* [DIRECTIONS FOR THIS TASK] Lines holding the string "Global" are the ones to copy; find them all in the data.

Collected data
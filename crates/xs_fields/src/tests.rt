use crate::{
    Condition, earlier, is_blank, is_identifier, judge_identifier, judge_integer, judge_pieces,
    judge_sizes, next_word, read_identifier, read_integer, read_ints, read_pieces, read_sizes,
    read_vars, read_word,
};
use std::alloc::Global;
use std::process::Abort;
use xf_text::{FieldStop, Kind};
use xs_model::Names;

/// 2^126, the least magnitude that is too great.
const GREAT: &[u8] = b"85070591730234615865843651857942052864";

fn lists_of_integers(rt: &impl Abort, alloc: Global) {
    let names = Names::new(alloc);
    let accepted: [(&[u8], &[i128]); 7] = [
        (b"", &[]),
        (b" \t\r\n", &[]),
        (b"1 -2 +3", &[1, -2, 3]),
        (b"0x3\n7", &[0, 0, 0, 7]),
        (b"-1x+2 007", &[-1, -1, 7]),
        (b"  5x1  ", &[5]),
        (
            b"85070591730234615865843651857942052863",
            &[85070591730234615865843651857942052863],
        ),
    ];
    for (text, want) in accepted {
        match read_ints(alloc, text, &names, 4) {
            Ok(ints) => assert_eq!(rt; ints.as_slice(), want),
            Err(_) => assert!(rt; false),
        }
    }
}

fn refused_lists_of_integers(rt: &impl Abort, alloc: Global) {
    let names = Names::new(alloc);
    let refused: [(&[u8], Kind); 18] = [
        (b"1x0", Kind::Shape),
        (b"1x-1", Kind::Shape),
        (b"1x-170141183460469231731687303715884105729", Kind::Shape),
        (b"x3", Kind::Shape),
        (b"1x", Kind::Shape),
        (b"1x2x3", Kind::Shape),
        (b"1,2", Kind::Shape),
        (b"1..2", Kind::Shape),
        (b"+", Kind::Shape),
        (b"+-1", Kind::Shape),
        (b"1\x0b2", Kind::Shape),
        (b"85070591730234615865843651857942052864 y", Kind::Shape),
        (b"85070591730234615865843651857942052864", Kind::Range),
        (b"-85070591730234615865843651857942052864", Kind::Range),
        (b"1x170141183460469231731687303715884105728", Kind::Range),
        (
            b"1x99999999 85070591730234615865843651857942052864",
            Kind::Range,
        ),
        (b"1x99999999", Kind::Many),
        (b"1 2 3 4 5", Kind::Many),
    ];
    for (text, want) in refused {
        match read_ints(alloc, text, &names, 4) {
            Ok(_) => assert!(rt; false),
            Err(stop) => assert_eq!(rt; stop, FieldStop::Refused(want)),
        }
    }
}

fn domain_texts(rt: &impl Abort, alloc: Global) {
    let accepted: [(&[u8], &[(i128, i128)]); 4] = [
        (b" ", &[]),
        (b"3 1..2", &[(3, 3), (1, 2)]),
        (b"-5..+5\t-0", &[(-5, 5), (0, 0)]),
        (b"1..1 1", &[(1, 1), (1, 1)]),
    ];
    for (text, want) in accepted {
        match read_pieces(alloc, text) {
            Ok(pieces) => {
                assert_eq!(rt; pieces.len(), want.len());
                for (piece, (low, high)) in pieces.as_slice().iter().zip(want) {
                    assert_eq!(rt; piece.lo(), *low);
                    assert_eq!(rt; piece.hi(), *high);
                }
            }
            Err(_) => assert!(rt; false),
        }
    }
    let refused: [(&[u8], Condition); 9] = [
        (b"2..1", Condition::Spelling),
        (b"0 ..1", Condition::Spelling),
        (b"0...1", Condition::Spelling),
        (b"1x2", Condition::Spelling),
        (b"1..2..3", Condition::Spelling),
        (
            b"340282366920938463463374607431768211456..5",
            Condition::Spelling,
        ),
        (
            b"340282366920938463463374607431768211457..340282366920938463463374607431768211456",
            Condition::Spelling,
        ),
        (
            b"5..340282366920938463463374607431768211456",
            Condition::Magnitude,
        ),
        (
            b"-340282366920938463463374607431768211457..-340282366920938463463374607431768211456",
            Condition::Magnitude,
        ),
    ];
    for (text, want) in refused {
        assert_eq!(rt; judge_pieces(text), Some(want));
        match read_pieces(alloc, text) {
            Ok(_) => assert!(rt; false),
            Err(stop) => assert_eq!(rt; stop, FieldStop::Refused(want.kind())),
        }
    }
}

fn sizes_of_arrays(rt: &impl Abort, alloc: Global) {
    let accepted: [(&[u8], &[i128]); 3] = [
        (b"[2][3]", &[2, 3]),
        (b"[07]", &[7]),
        (b"[0][-1]", &[0, -1]),
    ];
    for (text, want) in accepted {
        match read_sizes(alloc, text) {
            Ok(sizes) => assert_eq!(rt; sizes.as_slice(), want),
            Err(_) => assert!(rt; false),
        }
    }
    let refused: [(&[u8], Condition); 9] = [
        (b"", Condition::Spelling),
        (b"2", Condition::Spelling),
        (b"[]", Condition::Spelling),
        (b"[2] [3]", Condition::Spelling),
        (b"[2", Condition::Spelling),
        (b"[2]]", Condition::Spelling),
        (b"x[2]", Condition::Spelling),
        (
            b"[85070591730234615865843651857942052864][",
            Condition::Spelling,
        ),
        (
            b"[85070591730234615865843651857942052864]",
            Condition::Magnitude,
        ),
    ];
    for (text, want) in refused {
        assert_eq!(rt; judge_sizes(text), Some(want));
        match read_sizes(alloc, text) {
            Ok(_) => assert!(rt; false),
            Err(stop) => assert_eq!(rt; stop, FieldStop::Refused(want.kind())),
        }
    }
}

fn single_words(rt: &impl Abort, alloc: Global) {
    assert_eq!(rt; read_integer(b"-012"), Ok(-12));
    assert_eq!(rt; read_integer(b"1 "), Err(Condition::Spelling));
    assert_eq!(rt; read_integer(GREAT), Err(Condition::Magnitude));
    assert_eq!(rt; judge_integer(b"+4"), None);
    let cases: [(&[u8], bool); 6] = [
        (b"x_1", true),
        (b"_Za", true),
        (b"1xa", false),
        (b"a-b", false),
        (b" ab", false),
        (b"", false),
    ];
    for (text, want) in cases {
        assert_eq!(rt; is_identifier(text), want);
        assert_eq!(rt; judge_identifier(text).is_none(), want);
        match read_identifier(alloc, text) {
            Ok(name) => assert_eq!(rt; name.as_slice(), text),
            Err(stop) => assert_eq!(rt; stop, FieldStop::Refused(Kind::Shape)),
        }
    }
}

fn words_and_conditions(rt: &impl Abort) {
    assert!(rt; is_blank(b" \t\r\n"));
    assert!(rt; !is_blank(b" \x0c"));
    match next_word(b"\n ab c") {
        Some((word, more)) => {
            assert_eq!(rt; word, b"ab".as_slice());
            assert_eq!(rt; more, b" c".as_slice());
        }
        None => assert!(rt; false),
    }
    assert_eq!(rt;
        earlier(Some(Condition::Naming), Some(Condition::Spelling)),
        Some(Condition::Spelling)
    );
    assert_eq!(rt;
        earlier(None, Some(Condition::Fitting)),
        Some(Condition::Fitting)
    );
}

fn variable_words(rt: &impl Abort, alloc: Global) {
    let right: [(&[u8], usize, bool); 5] = [
        (b"x", 0, true),
        (b"x_1[+3][0]", 2, true),
        (b"x[]", 1, false),
        (b"x[1..2][7]", 2, false),
        (b"x[-1..-1]", 1, false),
    ];
    for (text, brackets, is_direct) in right {
        match read_word(alloc, text) {
            Ok(word) => {
                assert_eq!(rt; word.brackets.len(), brackets);
                assert_eq!(rt; word.is_direct(), is_direct);
            }
            Err(_) => assert!(rt; false),
        }
    }
    let names = Names::new(alloc);
    let refused: [(&[u8], Kind); 9] = [
        (b"x", Kind::Name),
        (b"x[1] y[]", Kind::Name),
        (b"x 1y", Kind::Shape),
        (b"x[2..1]", Kind::Shape),
        (b"x[1]y", Kind::Shape),
        (b"x[1", Kind::Shape),
        (b"x[ 1]", Kind::Shape),
        (b"x[85070591730234615865843651857942052864] [", Kind::Shape),
        (b"x[85070591730234615865843651857942052864]", Kind::Range),
    ];
    for (text, want) in refused {
        match read_vars(alloc, text, &names, 9) {
            Ok(_) => assert!(rt; false),
            Err(stop) => assert_eq!(rt; stop, FieldStop::Refused(want)),
        }
    }
    match read_vars(alloc, b" ", &names, 0) {
        Ok(vars) => assert!(rt; vars.is_empty()),
        Err(_) => assert!(rt; false),
    }
}

#[test]
fn integers(rt: HostRuntime) {
    lists_of_integers(&rt, rt.alloc());
    refused_lists_of_integers(&rt, rt.alloc());
    domain_texts(&rt, rt.alloc());
    sizes_of_arrays(&rt, rt.alloc());
}

#[test]
fn words(rt: HostRuntime) {
    single_words(&rt, rt.alloc());
    words_and_conditions(&rt);
    variable_words(&rt, rt.alloc());
}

* [PROBLEM SOLUTION]
use std::alloc::Global;
fn lists_of_integers(rt: &impl Abort, alloc: Global) {
fn refused_lists_of_integers(rt: &impl Abort, alloc: Global) {
fn domain_texts(rt: &impl Abort, alloc: Global) {
fn sizes_of_arrays(rt: &impl Abort, alloc: Global) {
fn single_words(rt: &impl Abort, alloc: Global) {
fn variable_words(rt: &impl Abort, alloc: Global) {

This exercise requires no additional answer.